In general, the risk of sepsis in children decreases with increasing age. Data from 1995 showed that the incidence of 'severe sepsis' in infants (age <1 year) was about 10 times greater than the incidence in children of all ages combined (5.16 cases per 1000 population per year versus 0.56 cases per 1000 population per year). The high rate of sepsis in infants was mainly due to the high incidence of neonatal 'severe sepsis' cases.[14]

The higher incidence of sepsis in this age group is due to multiple factors, including immaturity of cellular and humoral immunity, and poor integrity of natural barriers such as mucosal surfaces.[45]

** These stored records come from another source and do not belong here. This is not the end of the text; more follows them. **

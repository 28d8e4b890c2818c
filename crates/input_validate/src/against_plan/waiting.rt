//! Locates the first step of a script that waits for other steps.
//!
//! Every `Err` means that memory was refused.

ghost use Rattle.std.specs.Prelude.{◌≡◌, IfOk, map};
ghost use Rattle.std.specs.List.{list_any, position_from};
ghost use Rattle.std.specs.Option.{option_copied};
ghost use Rattle.serde_json.specs.View.{view};
ghost use Rattle.input_validate.specs.AgainstPlan.{entry_waiting, first_waiting, has_waiting, is_waited_for, is_waiting, path_in, path_to, place_of_waits, step_waiting, waits_findings};
ghost use Rattle.input_validate.specs.Findings.{reported};

use crate::against_plan::planned::Planned;
use crate::against_plan::violations::change_at;
use crate::findings::list::Findings;
use crate::findings::name::Name;
use crate::findings::path::{Path, Segment};
use crate::findings::problem::Problem;
use crate::rules::members::items_at;
use crate::script::step::is_skipped;
use serde_json::Value;
use std::alloc::{AllocError, Global};

/// Returns whether a step really waits for an item of its `after`. A change without steps is
/// nothing to wait for.
fn is_waited_for<'a>(planned: Option<&Planned<'a>>, item: &'a Value) -> bool
    ensures { result ≡ is_waited_for (option_copied planned.entry) (view item.now) }
{
    match change_at(planned, item) {
        Some(change) => !change.steps().is_empty(),
        None => true,
    }
}

/// Returns whether a step really waits for one of these items of its `after`.
fn is_any_waited_for<'a>(planned: Option<&Planned<'a>>, items: &'a [Value]) -> bool
    ensures { result ≡ list_any (is_waited_for (option_copied planned.entry)) (map view items.now) }
{
    for item in items {
        if is_waited_for(planned, item) {
            return true;
        }
    }
    false
}

/// Returns whether a step waits for other steps. A skipped step waits for nothing.
fn is_waiting<'a>(planned: Option<&Planned<'a>>, step: &'a Value) -> bool
    ensures { result ≡ is_waiting (option_copied planned.entry) (view step.now) }
{
    !is_skipped(step) && is_any_waited_for(planned, items_at(step, Name::After))
}

/// Finds the first of these steps that waits.
fn first_of<'a>(planned: Option<&Planned<'a>>, steps: &'a [Value]) -> Option<usize>
    ensures { result ≡ position_from (is_waiting (option_copied planned.entry)) 0 (map view steps.now) }
{
    for (number, step) in steps.iter().enumerate() {
        if is_waiting(planned, step) {
            return Some(number);
        }
    }
    None
}

/// Finds the first step of an entry that waits.
fn first_waiting<'a>(planned: Option<&Planned<'a>>, entry: &'a Value) -> Option<usize>
    ensures { result ≡ first_waiting (option_copied planned.entry) (view entry.now) }
{
    first_of(planned, items_at(entry, Name::Steps))
}

/// Returns whether an entry has a step that waits.
fn has_waiting<'a>(planned: Option<&Planned<'a>>, entry: &'a Value) -> bool
    ensures { result ≡ has_waiting (option_copied planned.entry) (view entry.now) }
{
    first_waiting(planned, entry).is_some()
}

/// Finds the first of these entries that has a waiting step.
fn first_entry_of<'a>(planned: Option<&Planned<'a>>, entries: &'a [Value]) -> Option<usize>
    ensures { result ≡ position_from (has_waiting (option_copied planned.entry)) 0 (map view entries.now) }
{
    for (number, entry) in entries.iter().enumerate() {
        if has_waiting(planned, entry) {
            return Some(number);
        }
    }
    None
}

/// Finds the first entry of a script that has a waiting step.
fn entry_waiting<'a>(planned: Option<&Planned<'a>>, script: &'a Value) -> Option<usize>
    ensures { result ≡ entry_waiting (option_copied planned.entry) (view script.now) }
{
    first_entry_of(planned, items_at(script, Name::Changes))
}

/// Makes the path to the `after` of the first waiting step. The path is empty if no step waits.
pub fn place_of_waits<'a>(
    alloc: Global,
    planned: Option<&Planned<'a>>,
    script: &'a Value,
) -> Result<Path, AllocError>
    ensures { IfOk result (λ path. path ≡ place_of_waits (option_copied planned.entry) (view script.now)) }
{
    match entry_waiting(planned, script) {
        Some(entry) => path_in(alloc, planned, script, entry),
        None => Ok(Path::here(alloc)),
    }
}

/// Reports, once and at the first waiting step, that steps of a script wait.
pub fn waits_findings<'a>(
    alloc: Global,
    planned: Option<&Planned<'a>>,
    script: &'a Value,
) -> Result<Findings, AllocError>
    ensures { IfOk result (λ f. f ≡ reported (waits_findings (option_copied planned.entry) (view script.now))) }
{
    match entry_waiting(planned, script) {
        Some(entry) => Findings::one(
            alloc,
            path_in(alloc, planned, script, entry)?,
            Problem::Waits,
        ),
        None => Ok(Findings::none(alloc)),
    }
}

/// Makes the path to the `after` of the first waiting step in the entry with this number.
fn path_in<'a>(
    alloc: Global,
    planned: Option<&Planned<'a>>,
    script: &'a Value,
    entry: usize,
) -> Result<Path, AllocError>
    ensures { IfOk result (λ path. path ≡ path_in (option_copied planned.entry) (view script.now) entry) }
{
    let entries = items_at(script, Name::Changes);
    path_to(alloc, entry, step_waiting(planned, entries, entry))
}

/// Finds the first waiting step in the entry with this number. The answer is 0 if no step waits.
fn step_waiting<'a>(planned: Option<&Planned<'a>>, entries: &'a [Value], entry: usize) -> usize
    ensures { result ≡ step_waiting (option_copied planned.entry) (map view entries.now) entry }
{
    match entries.get(entry) {
        Some(chosen) => first_waiting(planned, chosen).unwrap_or(0),
        None => 0,
    }
}

/// Makes the path to the `after` of a step.
fn path_to(alloc: Global, entry: usize, step: usize) -> Result<Path, AllocError>
    ensures { IfOk result (λ path. path ≡ path_to entry step) }
{
    let mut path = Path::here(alloc);
    path.begin_with(Segment::Member(Name::After))?;
    path.begin_with(Segment::Item(step))?;
    path.begin_with(Segment::Member(Name::Steps))?;
    path.begin_with(Segment::Item(entry))?;
    path.begin_with(Segment::Member(Name::Changes))?;
    Ok(path)
}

The increased risk of sepsis in neonates is exacerbated by prematurity. Compared with term infants, all preterm infants are at greater risk of sepsis, including nosocomial sepsis.[45] The risk increases with the degree of prematurity,[46] with very low birth weight posing a significant risk.[15]

perinatal risk factors for infection (neonates)

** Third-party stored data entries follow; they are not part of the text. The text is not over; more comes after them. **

//! Looks up the changes of a plan by the names that a script uses.

ghost use Rattle.std.specs.Prelude.{◌≡◌, IfOk, None};
ghost use Rattle.std.specs.Option.{option_copied};
ghost use Rattle.input_validate.specs.AgainstPlan.{change_named, has_address};
ghost use Rattle.input_validate.specs.ObjectNames.{name_view};

use crate::against_plan::first_named::FirstNamed;
use crate::plan::object_name::ObjectName;
use apply_plan::{Change, Plan};
use std::alloc::{AllocError, Global};
use std::marker::Model;

/// The changes of a plan, with an index by object and an index by address. Contracts see the list
/// of the changes.
#[derive(Drop)]
pub struct Planned<'a> {
    plan: &'a Plan,
    /// The number of the change of each object.
    objects: FirstNamed<'a>,
    /// The number of the first change at each address.
    addresses: FirstNamed<'a>,
}

impl<'a> Model for Planned<'a> {
    ghost use Rattle.std.specs.Prelude.{◌≤◌, List, length};
    ghost use Rattle.apply_model.specs.Plan.ResourceChange.{ResourceChange};
    ghost use Rattle.apply_model.specs.Plan.SavedPlan.{max_changes};
    ghost use Rattle.input_validate.specs.FirstNamed.{AreFirst, at_addresses, of_objects};

    ghost Value = { List ResourceChange };

    ghost view = { λ planned. planned.plan.now.changes };

    ghost invariant = { λ planned. (length planned.plan.now.changes ≤ max_changes)
        × AreFirst planned.objects (of_objects planned.plan.now.changes) × AreFirst planned.addresses (at_addresses planned.plan.now.changes) };
}

impl<'a> Planned<'a> {
    /// Indexes the changes of a plan. `Err` means that memory was refused.
    pub fn of(alloc: Global, plan: &'a Plan) -> Result<Planned<'a>, AllocError>
        ensures { IfOk result (λ planned. planned ≡ plan.now.changes) }
    {
        let mut objects = FirstNamed::new(alloc);
        let mut addresses = FirstNamed::new(alloc);
        for number in 0..plan.len() {
            let change = plan.change(number);
            objects.push(Some(object_of(change)), number as usize)?;
            addresses.push(Some(at_address(change.address())), number as usize)?;
        }
        Ok(Planned {
            plan,
            objects,
            addresses,
        })
    }

    /// Looks up the change of an object.
    pub fn change(&self, name: ObjectName<'a>) -> Option<&'a Change>
        ensures { option_copied result ≡ change_named self.now (name_view name.entry) }
    {
        match self.objects.get(Some(name)) {
            Some(number) => Some(self.plan.change(number as u32)),
            None => None,
        }
    }

    /// Returns whether the plan changes an object at this address, deposed or not.
    pub fn has_address(&self, address: &'a str) -> bool
        ensures { result ≡ has_address self.now address.now }
    {
        self.addresses.get(Some(at_address(address))).is_some()
    }
}

/// Names the object that a change is of.
pub fn object_of(change: &Change) -> ObjectName<'_>
    ensures { name_view result ≡ (change.now.address, change.now.deposed) }
{
    ObjectName {
        address: change.address(),
        deposed: change.deposed(),
    }
}

/// Names the object at an address that is not deposed.
fn at_address(address: &str) -> ObjectName<'_>
    ensures { name_view result ≡ (address.now, None) }
{
    ObjectName {
        address,
        deposed: None,
    }
}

The following risk factors related to birth are associated with an increased risk of neonatal sepsis:[47][48] maternal factors such as maternal fever, prolonged rupture of membranes (>18 hours), maternal carriage of group B streptococci, and chorioamnionitis; fetal factors include fetal distress and poor 5-minute Apgar score (i.e., ≤6).

healthcare-associated factors (neonates)

Preterm infants in the intensive care unit are exposed to greater risk of late onset sepsis through various healthcare-associated interventions, many of which breach natural barriers (e.g., indwelling vascular catheters). The most significant of these are parenteral nutrition, mechanical ventilation, chronic central venous access, and use of vascular catheters (arterial, central venous, or peripheral).[49]

recent surgery or other invasive procedures

Risk of sepsis is high in children following surgery or other invasive procedures.[50]

breached skin integrity

Risk of sepsis is higher in children with any breach of skin integrity (e.g., cuts, burns, blisters, or skin infection).[50]

weak

male sex

The incidence of sepsis is significantly higher in boys than girls. This effect is seen most robustly in very young children, particularly in children aged under 1 year (infants), where the incidence of 'severe sepsis' in male infants was 1.3 times higher than in female infants.[14]

The reasons for this sex difference are not clear, but the phenomenon is consistent with previous studies demonstrating worse broader clinical outcomes for male sex in premature infants.[44]